Fachada das Casas-Lares Francisca de Paula de Jesus (I e II) à Rua. Prof. Milton Lage, 25, Nova Esperança, BH

Fachada das Casas-Lares Francisca de Paula de Jesus (I e II) à Rua. Prof. Milton Lage, 25 “A” e “B”, Nova Esperança, BH

É com grande alegria que informamos que a pintura das fechadas das Casas-Lares Esperança Francisca de Paula de Jesus (I e II) já está em fase adiantada de realização (foto acima).

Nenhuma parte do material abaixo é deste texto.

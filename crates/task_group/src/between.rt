//! Tests whether the rows of groups and those of scopes fit together.

ghost use Rattle.std.specs.Prelude.{◌≡◌, IsTrue};
ghost use Rattle.std.specs.List.{list_any};
ghost use Rattle.run_model.specs.Scopes.{is_group_kind};
ghost use Rattle.row_view.specs.Between.{belongs, fits_scope, has_group, lives_in};
ghost use Rattle.row_view.specs.WorkRows.{each_passes};

use run_model::{Group, Kind, Scope};

/// Returns whether the scope of each group exists, and belongs to it unless the group is bare.
pub fn fit_scopes(groups: &[Group], scopes: &[Scope]) -> bool
    ensures { result ≡ each_passes (λ g group. fits_scope scopes.now group) 0 groups.now }
{
    for group in groups {
        if !fits_scope(scopes, group) {
            return false;
        }
    }
    true
}

/// Returns whether each scope of kind Group belongs to a group that isn't bare.
pub fn have_groups(scopes: &[Scope], groups: &[Group]) -> bool
    ensures { result ≡ each_passes (has_group groups.now) 0 scopes.now }
{
    for s in 0..scopes.len() {
        if !has_group(groups, s, &scopes[s]) {
            return false;
        }
    }
    true
}

fn fits_scope(scopes: &[Scope], group: &Group) -> bool
    ensures { result ≡ fits_scope scopes.now group.now }
{
    match scopes.get(group.scope as usize) {
        Some(scope) => group.bare || belongs(group, scope),
        None => false,
    }
}

fn belongs(group: &Group, scope: &Scope) -> bool
    ensures { result ≡ belongs group.now scope.now }
{
    is_groups(&scope.kind)
        && group.name == scope.name
        && (!(group.error.is_some() || group.waited) || scope.hit.is_some())
}

fn has_group(groups: &[Group], s: usize, scope: &Scope) -> bool
    ensures { result ≡ has_group groups.now s scope.now }
{
    !is_groups(&scope.kind) || is_lived_in(groups, s)
}

/// Returns whether scope `s` belongs to a group that isn't bare.
fn is_lived_in(groups: &[Group], s: usize) -> bool
    ensures { result ≡ list_any (lives_in s) groups.now }
{
    groups
        .iter()
        .any(|group| !group.bare && group.scope as usize == s)
}

fn is_groups(kind: &Kind) -> bool
    ensures { result ≡ is_group_kind kind.now }
{
    matches!(kind, Kind::Group)
}
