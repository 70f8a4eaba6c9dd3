//! Single rows of groups and tasks in an image: they are written, copied from their views, and
//! tested.

ghost use Rattle.std.specs.List.{flat_map, list_any, AllByRecursion};
ghost use Rattle.std.specs.Prelude.{◌≡◌, ◌+◌, ◌*◌, ◌<◌, ◌≤◌, ◌==◌, ◌&&◌, ℕ, length, IsTrue};
ghost use Rattle.std.specs.Prelude.{Some, false, slice_get, slice_index_or};
ghost use Rattle.run_model.specs.declared.bounds.TheConstants.{MOST_GROUPS};
ghost use Rattle.run_model.specs.declared.tasks.Task.{Task as TaskOf};
ghost use Rattle.run_model.specs.Tasks.{is_fresh, ended_in_error};
ghost use Rattle.run_model.specs.Texts.{IsName};
ghost use Rattle.row_view.specs.declared.heads.ImageVersion.{ImageVersion as VersionOf};
ghost use Rattle.row_view.specs.declared.heads.ImageVersion.TheVariants.{Two};
ghost use Rattle.row_view.specs.Image.{group_bytes, task_bytes, is_kept_group, is_kept_task};
ghost use Rattle.row_view.specs.Image.{is_kept_link, is_kept_stage};
ghost use Rattle.row_view.specs.RowViews.{group_of, stage_of, task_of};
ghost use Rattle.row_view.specs.WorkRows.{can_retry};
ghost use Rattle.row_view.specs.Writing.{put_at};

use crate::work_rows::is_interrupted;
use row_view::copies::{limit_of, name_copy, optional_copy, text_copy};
use row_view::{GroupRow, StageView, TaskRow, group_row, put_group, put_task, task_row};
use run_model::{Group, MOST_GROUPS, Stage, Task};

/// Writes the rows of groups at a place, one after another, and returns the place after them.
pub fn put_groups(rows: &[Group], out: &mut [u8], at: usize) -> usize
    requires room { at + 103 * length rows.now ≤ length out.old }
    ensures end { result ≡ at + length (flat_map group_bytes rows.now) }
    ensures written { out.new ≡ put_at out.old at (flat_map group_bytes rows.now) }
    ensures kept { AllByRecursion (λ row. IsTrue (is_kept_group row)) rows.now }
    ensures most { result ≤ at + 103 * length rows.now }
{
    let mut end = at;
    for row in rows {
        end = put_group(out, end, &group_row(row));
    }
    end
}

/// Writes the rows of tasks at a place, one after another, and returns the place after them.
pub fn put_tasks(rows: &[Task], out: &mut [u8], at: usize) -> usize
    requires links { (n : ℕ) (row : TaskOf) → slice_get rows.now n ≡ Some row
        → IsTrue (is_kept_link Two row.retry_of) }
    requires room { at + 136 * length rows.now ≤ length out.old }
    ensures end { result ≡ at + length (flat_map (task_bytes Two) rows.now) }
    ensures written { out.new ≡ put_at out.old at (flat_map (task_bytes Two) rows.now) }
    ensures kept { AllByRecursion (λ row. IsTrue (is_kept_task Two row)) rows.now }
    ensures most { result ≤ at + 136 * length rows.now }
{
    let mut end = at;
    for row in rows {
        end = put_task(out, end, &task_row(row));
    }
    end
}

/// Returns the group that a view shows.
pub fn group_copy(row: &GroupRow) -> Group
    requires { IsTrue (is_kept_group (group_of row.now)) }
    ensures { result ≡ group_of row.now }
{
    Group {
        name: name_copy(row.name),
        scope: row.scope,
        bare: row.bare,
        limit: limit_of(row.limit),
        waited: row.waited,
        error: optional_copy(row.error),
    }
}

/// Returns the task that a view shows.
pub fn task_copy(row: &TaskRow) -> Task
    requires job { IsName row.now.job.now }
    requires argument { IsName row.now.argument.now }
    requires stage { IsTrue (is_kept_stage (stage_of row.now.stage)) }
    ensures { result ≡ task_of row.now }
{
    Task {
        group: row.group,
        job: name_copy(row.job),
        argument: name_copy(row.argument),
        stage: stage_copy(row.stage),
        retry_of: row.retry_of,
    }
}

/// Returns whether a task wasn't started.
pub fn is_fresh(stage: &Stage) -> bool
    ensures { result ≡ is_fresh stage.now }
{
    matches!(stage, Stage::Fresh)
}

/// Returns whether the new task can be a retry of the old one.
pub fn can_retry(new: &Task, old: &Task) -> bool
    ensures { result ≡ can_retry new.now old.now }
{
    is_interrupted(&old.stage)
        && new.group == old.group
        && new.job == old.job
        && new.argument == old.argument
}

/// Returns, for each possible group, whether one of these tasks belongs to it and ended in an
/// error.
pub fn lost_groups(tasks: &[Task]) -> [bool; MOST_GROUPS]
    requires { (n : ℕ) (task : TaskOf) → slice_get tasks.now n ≡ Some task
        → task.group < MOST_GROUPS }
    ensures { (g : ℕ) → g < MOST_GROUPS → slice_index_or result g false
        ≡ list_any (λ task. task.group == g && ended_in_error task.stage) tasks.now }
{
    let mut lost = [false; MOST_GROUPS];
    for task in tasks {
        if is_error(&task.stage) {
            lost[task.group as usize] = true;
        }
    }
    lost
}

/// Returns whether a task has failed or was interrupted.
fn is_error(stage: &Stage) -> bool
    ensures { result ≡ ended_in_error stage.now }
{
    matches!(stage, Stage::Failure(_) | Stage::Interrupted)
}

fn stage_copy(stage: StageView) -> Stage
    requires { IsTrue (is_kept_stage (stage_of stage)) }
    ensures { result ≡ stage_of stage.entry }
{
    match stage {
        StageView::Fresh => Stage::Fresh,
        StageView::Running => Stage::Running,
        StageView::Success => Stage::Success,
        StageView::Failure(text) => Stage::Failure(text_copy(text)),
        StageView::Interrupted => Stage::Interrupted,
    }
}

Dentro em breve as teremos mais bonitas e harmoniosas para a comunidade dos trinta jovens lá acolhidos: são quinze crianças de 7 anos a 12 anos e quinze adolescentes 13 anos a 17 anos.

Os “Lares Esperança”, como carinhosamente são chamados, mantidos pela Casa de Caridade Herdeiros de Jesus (Rua Sete Lagoas, 274, Bairro Bonfim), estão localizados à Rua Prof. Milton Lage, 25 “A” e “B”, Bairro Nova Esperança, aqui em BH.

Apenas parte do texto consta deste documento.